-- ASSIGNMENT --
Set down, please, exactly the lines below that run from the line with "affine_value values (affine_difference" to the line with "< count) b.terms", both lines included.

(Saved entries)
Content starts

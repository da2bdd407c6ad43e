ghost use Rattle.std.specs.Prelude.{◌≡◌, ◌↔◌, ◌<◌, ◌≤◌, ◌+◌, ◌*◌, ◌^◌, ℕ, ℤ, ◌+ℤ◌, ◌-ℤ◌, ◌*ℤ◌, unsigned_abs, List, length, slice_set};
ghost use Rattle.std.specs.List.{All};
ghost use Rattle.sd_range.specs.Terms.{IsNormal, coefficient_of};
ghost use Rattle.sd_range.specs.Affine.{affine_value, IsEvaluable};
ghost use Rattle.sd_range.specs.Weight.{weight_of};
ghost use Rattle.sd_range.specs.Arithmetic.{affine_sum, affine_difference, affine_product, combination, others_of, substituted, IsRepresentable};
ghost use Rattle.sd_range.specs.declared.affine.Affine.{Affine};

/// The value of a sum is the sum of the values.
pub fn a_sum_has_the_sum_of_values()
    ensures { (a b : Affine) (values : List ℤ)
        → affine_value values (affine_sum a b) ≡ affine_value values a +ℤ affine_value values b }
{}

/// The value of a difference is the difference of the values.
pub fn a_difference_has_the_difference_of_values()
    ensures { (a b : Affine) (values : List ℤ)
        → affine_value values (affine_difference a b) ≡ affine_value values a -ℤ affine_value values b }
{}

/// The value of a product with a number is the product with the value.
pub fn a_product_has_the_product_of_the_value()
    ensures { (factor : ℤ) (a : Affine) (values : List ℤ)
        → affine_value values (affine_product factor a) ≡ factor *ℤ affine_value values a }
{}

/// Where an expression stands for a variable the value is as if the variable had that
/// expression's value.
pub fn a_substituted_variable_has_the_value_of_its_expression()
    ensures { (variable : ℕ) (by a : Affine) (values : List ℤ)
        → IsNormal a.terms → variable < length values
        → affine_value values (substituted variable by a)
        ≡ affine_value (slice_set values variable (affine_value values by)) a }
{}

/// In normal form two expressions are one where they have one value whatever the variables are.
pub fn equal_values_make_equal_expressions()
    ensures { (a b : Affine) (count : ℕ)
        → IsNormal a.terms → IsNormal b.terms
        → All (λ term. term.0 < count) a.terms → All (λ term. term.0 < count) b.terms
        → ((values : List ℤ) → length values ≡ count → affine_value values a ≡ affine_value values b)
        → a ≡ b }
{}

/// Arithmetic gives normal forms.
pub fn arithmetic_keeps_the_normal_form()
    ensures sum { (a b : Affine) → IsNormal a.terms → IsNormal b.terms → IsNormal (affine_sum a b).terms }
    ensures difference { (a b : Affine) → IsNormal a.terms → IsNormal b.terms → IsNormal (affine_difference a b).terms }
    ensures product { (factor : ℤ) (a : Affine) → IsNormal a.terms → IsNormal (affine_product factor a).terms }
    ensures substituted { (variable : ℕ) (by a : Affine) → IsNormal by.terms → IsNormal a.terms → IsNormal (substituted variable by a).terms }
{}

/// What is combined of two expressions is no larger than both together: neither its constant nor
/// the sum of its coefficients' sizes. A sum has the factor 1, a difference -1.
pub fn a_combination_is_no_larger_than_its_parts()
    ensures constant { (a b : Affine) (factor : ℤ)
        → unsigned_abs (combination a factor b).constant ≤ unsigned_abs a.constant + unsigned_abs factor * unsigned_abs b.constant }
    ensures weight { (a b : Affine) (factor : ℤ)
        → weight_of (combination a factor b).terms ≤ weight_of a.terms + unsigned_abs factor * weight_of b.terms }
{}

/// A coefficient and the terms of the other variables are no larger together than all terms; so
/// what a substitution makes, a combination of these, is bounded too.
pub fn a_coefficient_and_the_other_terms_are_no_larger_than_all()
    ensures { (variable : ℕ) (terms : List (ℕ × ℤ))
        → unsigned_abs (coefficient_of terms variable) + weight_of (others_of variable terms) ≤ weight_of terms }
{}

/// An expression and another so many times have numbers that fit, where they are small.
pub fn small_expressions_have_combinations_that_fit()
    ensures { (a b : Affine) (factor : ℤ)
        → unsigned_abs a.constant + unsigned_abs factor * unsigned_abs b.constant < 2 ^ 127
        → weight_of a.terms + unsigned_abs factor * weight_of b.terms < 2 ^ 127
        → IsRepresentable (combination a factor b) }
{}

/// A small expression has a value that fits where its variables have small values.
pub fn small_expressions_have_values()
    ensures { (a : Affine) (values : List ℤ) (most : ℕ)
        → All (λ term. term.0 < length values) a.terms
        → All (λ value. unsigned_abs value ≤ most) values
        → unsigned_abs a.constant + weight_of a.terms * most < 2 ^ 127
        → IsEvaluable values a }
{}
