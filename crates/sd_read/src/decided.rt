//! Laws about which error of a source is told, over definitions alone.
//!
//! `Standing.antt` says which numbers stand against a line where it stands, and `FirstRefused.antt` which line
//! is the first that is refused. By the laws that line decides, with the least number, unless the tokens
//! have an error or a limit on nodes is passed before; and no line of a program is refused.
mod deciding;

pub use deciding::{
    errors_of_tokens_go_first, no_line_of_a_program_is_refused, the_first_refused_line_decides,
};
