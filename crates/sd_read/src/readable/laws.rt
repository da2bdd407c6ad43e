ghost use Rattle.std.specs.Prelude.{◌≡◌, ◌≤◌, ℕ, List, length, Ok};
ghost use Rattle.sd_lex.specs.PlainTree.{ProgramTree};
ghost use Rattle.sd_read.specs.readable.Levels.{HasFewLevels};
ghost use Rattle.sd_read.specs.readable.Parts.{HasParts};
ghost use Rattle.sd_source.specs.source.SourceReading.{reads};
ghost use Rattle.sd_program.specs.Every.{Everywhere};
ghost use Rattle.sd_program.specs.Place.{EveryPlace};
ghost use Rattle.sd_program.specs.WellFormed.{IsWellFormed};

/// What a source is read to is well formed, and no expression of it is nested more deeply than the
/// limit. There is a program, each array that is declared has an extent, and each map a parameter.
pub fn a_program_that_was_read_is_well_formed()
    ensures well_formed { (text : List ℕ) (program : ProgramTree) → reads text ≡ Ok program → IsWellFormed program }
    ensures levels { (text : List ℕ) (program : ProgramTree) → reads text ≡ Ok program → EveryPlace HasFewLevels program }
    ensures parts { (text : List ℕ) (program : ProgramTree) → reads text ≡ Ok program → Everywhere HasParts program }
    ensures functions { (text : List ℕ) (program : ProgramTree) → reads text ≡ Ok program → 1 ≤ length program.functions }
{}
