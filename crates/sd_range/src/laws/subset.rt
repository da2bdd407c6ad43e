ghost use Rattle.std.specs.Prelude.{◌≡◌, ◌↔◌, ℕ, ℤ, pos, ◌<ℤ◌, ◌≤ℤ◌, List, [], ◌∷◌, map, length, IsTrue};
ghost use Rattle.std.specs.List.{All, AllPairs, AllZip, Contains};
ghost use Rattle.sd_range.specs.Range.{range_values};
ghost use Rattle.sd_range.specs.Points.{product, Precedes};
ghost use Rattle.sd_range.specs.Subset.{IsDim, dim_values, elements, inside, whole};
ghost use Rattle.sd_range.specs.declared.affine.Affine.{Affine};
ghost use Rattle.sd_range.specs.declared.subset.Dim.TheVariants.{Index};
ghost use Rattle.sd_range.specs.declared.subset.Subset.{Subset};

/// An element of a subset has in each dimension one of its indices, and each such choice is one.
pub fn elements_choose_an_index_of_each_dimension()
    ensures members { (subset : Subset) (values index : List ℤ)
        → (Contains (elements subset values) index)
        ↔ (AllZip (λ dim number. Contains (dim_values values dim) number) subset.dims index) }
    ensures count { (subset : Subset) (values : List ℤ)
        → length (elements subset values) ≡ product (map (λ dim. length (dim_values values dim)) subset.dims) }
    ensures order { (subset : Subset) (values : List ℤ) → All IsDim subset.dims → AllPairs Precedes (elements subset values) }
{}

/// An index is inside where it has a number for each extent, from 0 to the extent less one:
/// exactly where it is one of all indices.
pub fn an_index_is_inside_where_each_number_is_one_of_its_extent()
    ensures numbers { (extents : List ℕ) (index : List ℤ)
        → (IsTrue (inside extents index))
        ↔ (AllZip (λ extent number. (pos 0 ≤ℤ number) × (number <ℤ pos extent)) extents index) }
    ensures members { (extents : List ℕ) (index : List ℤ) → (IsTrue (inside extents index)) ↔ (Contains (whole extents) index) }
    ensures count { (extents : List ℕ) → length (whole extents) ≡ product extents }
    ensures order { (extents : List ℕ) → AllPairs Precedes (whole extents) }
{}

/// An index has the values of the range from it to itself: its own alone.
pub fn an_index_has_the_values_of_a_range_of_one()
    ensures { (at : Affine) (values : List ℤ)
        → dim_values values (Index at) ≡ range_values values (record { begin = at; ends = at ∷ []; step = pos 1 }) }
{}
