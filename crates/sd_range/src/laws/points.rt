ghost use Rattle.std.specs.Prelude.{◌≡◌, ◌≢◌, ◌↔◌, ◌<◌, ℕ, ℤ, pos, ◌+ℤ◌, ◌*ℤ◌, ◌≤ℤ◌, List, ◌∷◌, map, length, take, drop, sum};
ghost use Rattle.std.specs.List.{All, AllPairs, AllZip, Contains, flat_map};
ghost use Rattle.sd_range.specs.Affine.{affine_value};
ghost use Rattle.sd_range.specs.Range.{IsRange, range_values};
ghost use Rattle.sd_range.specs.Points.{tuples, points, product, Precedes, piece_of, first_values, points_of_pieces};
ghost use Rattle.sd_range.specs.declared.range.Range.{Range};

/// The values of a range are its begin and each whole number of steps more, up to each end.
pub fn values_are_steps_up_to_each_end()
    ensures { (r : Range) (values : List ℤ) (number : ℤ)
        → IsRange r
        → (Contains (range_values values r) number)
        ↔ ((steps : ℕ) × (number ≡ affine_value values r.begin +ℤ (pos steps *ℤ r.step))
        × All (λ end. number ≤ℤ affine_value values end) r.ends) }
{}

/// A tuple has one member of each list, and each such choice is a tuple.
pub fn tuples_choose_one_of_each()
    ensures members { (lists : List (List ℤ)) (tuple : List ℤ)
        → (Contains (tuples lists) tuple) ↔ (AllZip Contains lists tuple) }
    ensures count { (lists : List (List ℤ)) → length (tuples lists) ≡ product (map length lists) }
{}

/// The points of ranges come in lexicographic order, so each comes once.
pub fn points_are_in_lexicographic_order()
    ensures order { (ranges : List Range) (values : List ℤ) → All IsRange ranges → AllPairs Precedes (points ranges values) }
    ensures distinct { (ranges : List Range) (values : List ℤ) → All IsRange ranges → AllPairs (λ point later. point ≢ later) (points ranges values) }
{}

/// A piece keeps the points whose first number is among its values.
pub fn a_piece_has_the_points_of_its_values()
    ensures { (first count : ℕ) (firsts : List ℤ) (others : List (List ℤ)) (number : ℤ) (rest : List ℤ)
        → (Contains (tuples (piece_of first count (firsts ∷ others))) (number ∷ rest))
        ↔ ((Contains (tuples (firsts ∷ others)) (number ∷ rest)) × (Contains (take count (drop first firsts)) number)) }
{}

/// Pieces that follow each other over all values of the first parameter have all points, in order.
pub fn pieces_partition_the_points()
    ensures { (counts : List ℕ) (parameters : List (List ℤ))
        → 0 < length parameters
        → sum counts ≡ length (first_values parameters)
        → flat_map (λ piece. piece) (points_of_pieces 0 counts parameters) ≡ tuples parameters }
{}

Content ends

-- EXERCISE RESPONSE --
        → affine_value values (affine_difference a b) ≡ affine_value values a -ℤ affine_value values b }
{}

/// The value of a product with a number is the product with the value.
pub fn a_product_has_the_product_of_the_value()
    ensures { (factor : ℤ) (a : Affine) (values : List ℤ)
        → affine_value values (affine_product factor a) ≡ factor *ℤ affine_value values a }
{}

/// Where an expression stands for a variable the value is as if the variable had that
/// expression's value.
pub fn a_substituted_variable_has_the_value_of_its_expression()
    ensures { (variable : ℕ) (by a : Affine) (values : List ℤ)
        → IsNormal a.terms → variable < length values
        → affine_value values (substituted variable by a)
        ≡ affine_value (slice_set values variable (affine_value values by)) a }
{}

/// In normal form two expressions are one where they have one value whatever the variables are.
pub fn equal_values_make_equal_expressions()
    ensures { (a b : Affine) (count : ℕ)
        → IsNormal a.terms → IsNormal b.terms
        → All (λ term. term.0 < count) a.terms → All (λ term. term.0 < count) b.terms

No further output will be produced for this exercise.